Task details –
Among the entries below, find the lines with "entry" and copy them.
• • • •
// The end of a process.
ghost use Rattle.lgx_answer.specs.Exit.{Exits};

use crate::status::Status;
use lgx_io::Gathered;
use std::io::Write;

/// Writes what still waits to be written, and answers the number that the process ends with: that of the status, or that of a
/// write fault if what waited couldn't be written, or an earlier put failed.
pub fn exit_number<W: Write + Drop>(status: Status, sink: &mut Gathered<W>) -> u8
    ensures { Exits status sink.old sink.new result }
{
    match sink.finish() {
        Ok(()) => status.number(),
        Err(_) => Status::WriteFault.number(),
    }
}
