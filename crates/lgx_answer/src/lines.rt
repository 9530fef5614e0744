// A text that is handed out line by line.
ghost use Rattle.std.specs.Prelude.{◌≡◌, ◌<◌, ◌≤◌, ◌++◌, List, [], ℕ, Ok, true, false, length, take};
ghost use Rattle.std.specs.Io.BufRead.{take_through};

use lgx_num::Memory;

/// What hands out the lines of a text.
pub trait Lines: Drop + Sized {
    /// The text of the lines that are left.
    ghost rest: { Self → List ℕ };

    /// A number that falls with each line.
    ghost left: { Self → ℕ };

    /// Makes the next line, in place of what is in `line`; `false` if there is none.
    fn line(&mut self, line: &mut Vec<u8>) -> Result<bool, Memory>
        ensures more { result ≡ Ok true → rest self.old ≡ line.new.items ++ rest self.new }
        ensures fewer { result ≡ Ok true → left self.new < left self.old }
        ensures none { result ≡ Ok false → rest self.old ≡ [] };
}

/// No line: what a command has that says all that it says in one piece.
#[derive(Drop)]
pub struct NoLines;

impl Lines for NoLines {
    ghost rest = { λ l. [] };

    ghost left = { λ l. 0 };

    fn line(&mut self, _line: &mut Vec<u8>) -> Result<bool, Memory> {
        Ok(false)
    }
}

/// How many bytes the first line has, with its LF; all of them if there is no LF.
pub fn line_length(lines: &[u8]) -> usize
    requires { 0 < length lines.now }
    ensures within { (0 < result) × (result ≤ length lines.now) }
    ensures line { take result lines.now ≡ take_through 10 lines.now }
{
    let mut count = 0;
    for byte in lines {
        count += 1;
        if *byte == b'\n' {
            break;
        }
    }
    count
}
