//! What a command is, and what each call of one answers: a plan, the driver that follows it, and the only function that
//! puts to a sink.
//!
//! A command reads files one after another, each by what was read before, and then it says a verdict with a text. That is
//! its plan. A [`FileCommand`] is a command under way: it names the file that it reads next and judges its bytes. What a call
//! answers is defined once, by the plan alone, for all commands; so a new command brings a plan of its own, its function `judge`,
//! and nothing else.
#![tactic(auto)]

mod driver;
mod file_command;
mod lines;
mod process;
mod puts;
mod status;

pub use driver::{after_read, answer, say, write};
pub use file_command::{FileCommand, Step};
pub use lines::{Lines, NoLines, line_length};
pub use process::exit_number;
pub use status::{Status, Verdict};
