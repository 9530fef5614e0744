// Writing to a sink: what is put is put here alone.
ghost use Rattle.std.specs.Prelude.{◌≡◌};
ghost use Rattle.lgx_answer.specs.Puts.{Puts};

use crate::lines::Lines;
use lgx_io::{Sink, SinkFault};
use std::alloc::Global;

/// Puts a text, by one put.
#[tactic(auto, using(crate::proofs::Written::put_part, crate::proofs::Written::put_count))]
pub(crate) fn put_text<K: Sink>(text: &[u8], sink: &mut K) -> Result<(), SinkFault>
    ensures { Puts (record { old = K.held sink.old; new = K.held sink.new })
        (record { old = K.faults sink.old; new = K.faults sink.new }) text.now result }
{
    sink.put(text)
}

/// Puts the lines, each by one put. `Failed` is the sink's; `Memory` is the sink's, or there was none for a line.
pub(crate) fn write_lines<L: Lines, K: Sink>(
    alloc: Global,
    lines: L,
    sink: &mut K,
) -> Result<(), SinkFault>
    ensures { Puts (record { old = K.held sink.old; new = K.held sink.new })
        (record { old = K.faults sink.old; new = K.faults sink.new }) (L.rest lines) result }
{
    let mut lines = lines;
    let mut line = Vec::new(alloc);
    loop {
        match lines.line(&mut line) {
            Ok(true) => match put_text(&line, sink) {
                Ok(()) => {}
                Err(fault) => return Err(fault),
            },
            Ok(false) => return Ok(()),
            Err(_) => return Err(SinkFault::Memory),
        }
    }
}
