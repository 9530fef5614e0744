// The program, over any files, any sink and any gate.
ghost use Rattle.std.specs.Prelude.{◌≡◌, ℕ, Some, map, string_bytes};
ghost use Rattle.lgx_answer.specs.Endings.{ending_of};
ghost use Rattle.lgx_answer.specs.Answered.{Answered, call_of};
ghost use Rattle.lgx_stations.specs.Asking.{ForReads};
ghost use Rattle.logix_run.specs.Words.{command_of as asked_for, command_plan, plan_of, stations_of};
ghost use Rattle.logix_run.specs.Commands.{said, HasStations};
ghost use Rattle.lgx_answer.specs.Process.{IsProcess};
ghost use Rattle.logix_run.specs.Answers.{IsAnswered};

use crate::command::{Command, command_of};
use crate::plain::follow_plain;
use cmd_run::run;
use cmd_stations::stations;
use lgx_answer::{Status, exit_number};
use lgx_io::{Files, Gathered, Sink};
use lgx_shared::Gate;
use std::alloc::Global;
use std::io::Write;
use std::sync::Wait;
use std::thread::Threads;

/// Follows the plan of a command.
fn follow<F: Files, K: Sink, G: Gate + Sync, R: Threads + Wait + Sync>(
    rt: &R,
    alloc: Global,
    command: Command<'_>,
    files: &mut F,
    sink: &mut K,
    gate: &G,
) -> Status
    requires { HasStations command }
    ensures follows { Answered (command_plan (said command.entry))
        (call_of F.told F.failures files.old files.new K.held K.faults sink.old sink.new (ending_of result)) }
    ensures asked { (count : ℕ) → stations_of (said command.entry) ≡ Some count → result ≡ Status.Ok → ForReads (λ station n. G.asked gate.now station n) count }
{
    match command {
        Command::Run(project, script) => run(rt, alloc, project, script, files, sink, gate),
        Command::Stations(project, journal, count) => {
            stations(rt, alloc, project, journal, count, files, sink, gate)
        }
        other => follow_plain(alloc, other, files, sink),
    }
}

/// Does what the words of the command line say, and answers how the program ends: all that [`crate::logix_plain`] does,
/// `run P S` and `stations P J C`.
///
/// `run P S` reads and checks the project of the file `P` and then the script of the file `S`. Each lane of the script
/// takes its turns on a thread of its own, and one thread more takes turns of no lane; a turn makes its lane's next action
/// if that is due, and else a processor step. Before each turn the gate is called, without the lock. Then the journal of
/// the run is written, and its report: each line is one put. However the threads interleave, every action is in the
/// journal once, in its lane's order. The call may wait for its threads, for the lock and for the gate; no status says that
/// a thread couldn't be started.
///
/// `stations P J C` replays the journal of the file `J` on the project of the file `P`, while C operator stations on threads of
/// their own read the watched values, and then writes what each gave first and last. They take no lock, and the gate is called
/// before each of their 1,000 reads and before each tick is published.
///
/// [`Status`] says when each answer comes. At `WriteFault` and `Memory` a first part of the output was put, at `ReadFault` and
/// `TooLong` nothing.
#[tactic(auto, using(crate::proofs::Laws::answered))]
pub fn logix<F: Files, K: Sink, G: Gate + Sync, R: Threads + Wait + Sync>(
    rt: &R,
    alloc: Global,
    words: &[String],
    files: &mut F,
    sink: &mut K,
    gate: &G,
) -> Status
    ensures follows { IsAnswered (plan_of (map string_bytes words.now))
        (call_of F.told F.failures files.old files.new K.held K.faults sink.old sink.new (ending_of result)) }
    ensures asked { (count : ℕ) → stations_of (asked_for (map string_bytes words.now)) ≡ Some count → result ≡ Status.Ok → ForReads (λ station n. G.asked gate.now station n) count }
{
    follow(rt, alloc, command_of(words), files, sink, gate)
}

/// All that the process does with its words: what [`logix`] does, and then what still waits to be written is written. Answers
/// the number that the process ends with.
pub fn program<F: Files, W: Write + Drop, G: Gate + Sync, R: Threads + Wait + Sync>(
    rt: &R,
    alloc: Global,
    words: &[String],
    files: &mut F,
    output: &mut Gathered<W>,
    gate: &G,
) -> u8
    ensures { IsProcess (plan_of (map string_bytes words.now)) (F.told files.old)
        (record { old = F.failures files.old; new = F.failures files.new })
        output.old output.new result }
{
    let status = logix(rt, alloc, words, files, output, gate);
    exit_number(status, output)
}
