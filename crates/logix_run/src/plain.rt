// The commands that need no thread of their own, over any files and any sink.
ghost use Rattle.std.specs.Prelude.{◌≡◌, map, string_bytes};
ghost use Rattle.lgx_answer.specs.Endings.{ending_of};
ghost use Rattle.lgx_answer.specs.Answered.{Answered, call_of};
ghost use Rattle.logix_run.specs.Words.{command_plan, plain, plain_plan_of};
ghost use Rattle.logix_run.specs.Commands.{said};
ghost use Rattle.logix_run.specs.Answers.{IsAnswered};

use crate::command::{Command, command_of};
use cmd_link::link_projects;
use cmd_project::{check_project, migrate_project, spell_project};
use cmd_replay::{generate, replay_journal};
use cmd_trace::{audit_trace, trace_journal};
use cmd_xref::xref_project;
use lgx_answer::{Status, Verdict, say};
use lgx_io::{Files, Sink};
use std::alloc::Global;

/// The line that says how to use the program.
pub const USAGE: &[u8] =
    b"usage: logix check P, text P, replay P J, run P S, gen N, migrate P, trace P J, audit P T, xref P, stations P J C, link A B L\n";

/// Follows the plan of a command that needs no thread of its own, and for another one that of the usage.
pub(crate) fn follow_plain<F: Files, K: Sink>(
    alloc: Global,
    command: Command<'_>,
    files: &mut F,
    sink: &mut K,
) -> Status
    ensures { Answered (command_plan (plain (said command.entry)))
        (call_of F.told F.failures files.old files.new K.held K.faults sink.old sink.new (ending_of result)) }
{
    match command {
        Command::Check(project) => check_project(alloc, project, files, sink),
        Command::Text(project) => spell_project(alloc, project, files, sink),
        Command::Migrate(project) => migrate_project(alloc, project, files, sink),
        Command::Xref(project) => xref_project(alloc, project, files, sink),
        Command::Gen(number) => generate(alloc, number, files, sink),
        Command::Replay(project, journal) => replay_journal(alloc, project, journal, files, sink),
        Command::Trace(project, journal) => trace_journal(alloc, project, journal, files, sink),
        Command::Audit(project, trace) => audit_trace(alloc, project, trace, files, sink),
        Command::Link(a, b, script) => link_projects(alloc, a, b, script, files, sink),
        Command::Run(..) | Command::Stations(..) | Command::Usage => {
            say(Verdict::Usage, USAGE, files, sink)
        }
    }
}

/// Does what the words of the command line say, and answers how the program ends: [`crate::logix`] without the commands
/// `run P S` and `stations P J C`, which it answers with the usage line. It waits for nobody.
///
/// `check P` counts the parts of the project of the file `P`, `text P` writes the rungs of its routines,
/// `migrate P` writes the file in the newest schema, `replay P J` runs the journal of the file `J` on the project and writes
/// the report, `gen N` counts the lines of the report on a project and a journal that the number makes, `trace P J`
/// writes what is seen of the run of the journal of the file `J`, `audit P T` says whether the trace of the file `T` keeps the
/// laws of the schedule, `xref P` lists the instructions that may write each tag and those that read it, and `link A B L` runs
/// the projects of `A` and `B` over the link script of the file `L`. Any other words are answered with the usage line. Each line
/// is one put; the project is read and checked before the journal is read.
///
/// At `WriteFault` and `Memory` a first part of the output was put, at `ReadFault` and `TooLong` nothing. Of `check P` the memory of
/// the project isn't given back, as [`check_project`] says.
#[tactic(auto, using(crate::proofs::Laws::answered))]
pub fn logix_plain<F: Files, K: Sink>(
    alloc: Global,
    words: &[String],
    files: &mut F,
    sink: &mut K,
) -> Status
    ensures { IsAnswered (plain_plan_of (map string_bytes words.now))
        (call_of F.told F.failures files.old files.new K.held K.faults sink.old sink.new (ending_of result)) }
{
    follow_plain(alloc, command_of(words), files, sink)
}
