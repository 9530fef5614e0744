// A command that is under way.
ghost use Rattle.std.specs.Prelude.{◌≡◌, ◌<◌, List, ℕ, Ok};
ghost use Rattle.lgx_answer.specs.Plan.{Plan, Read, Says};
ghost use Rattle.lgx_answer.specs.Answered.{LeadsTo};

use crate::lines::Lines;
use crate::status::Verdict;
use lgx_num::{Items, Memory};
use std::alloc::Global;

/// What follows from the bytes of a file.
#[derive(Drop)]
pub enum Step<W: Drop, L: Drop> {
    /// A verdict with a text that is one piece.
    Say(Verdict, Items<u8>),
    /// A verdict with a text.
    Write(Verdict, L),
    /// The next file.
    Read(W),
}

/// A command that is to read a file.
pub trait FileCommand: Drop + Sized {
    /// What it writes if it accepts its files.
    type Text: Lines;

    /// The name of the file that it reads next.
    ghost file: { Self → List ℕ };

    /// What the bytes of that file lead to.
    ghost next: { Self → List ℕ → Plan };

    /// How many files more it may read after that one.
    ghost left: { Self → ℕ };

    /// The name of the file.
    fn name(&self) -> &str
        ensures { result.now ≡ file self.now };

    /// Judges the bytes of the file.
    fn judge(self, alloc: Global, bytes: Vec<u8>) -> Result<Step<Self, Self::Text>, Memory>
        ensures say { (said : Verdict) (line : List ℕ) → result ≡ Ok (Step.Say said line) → Says (next self bytes.items) said line }
        ensures write { (said : Verdict) (lines : Self.Text) → result ≡ Ok (Step.Write said lines) → Says (next self bytes.items) said (Self.Text.rest lines) }
        ensures read { (w : Self) → result ≡ Ok (Step.Read w) → LeadsTo (next self bytes.items) (Read (file w) (next w)) }
        ensures fewer { (w : Self) → result ≡ Ok (Step.Read w) → left w < left self };
}
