// The gate of the program.
use lgx_shared::Gate;

/// A gate that holds nobody.
#[derive(Drop, Clone, Copy)]
pub struct Open;

impl Gate for Open {
    fn before(&self, _lane: u32, _index: u32) {}
}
• • • •
Exercise response –
    ensures follows { Answered (command_plan (said command.entry))
    ensures asked { (count : ℕ) → stations_of (said command.entry) ≡ Some count → result ≡ Status.Ok → ForReads (λ station n. G.asked gate.now station n) count }
    ensures { Answered (command_plan (plain (said command.entry)))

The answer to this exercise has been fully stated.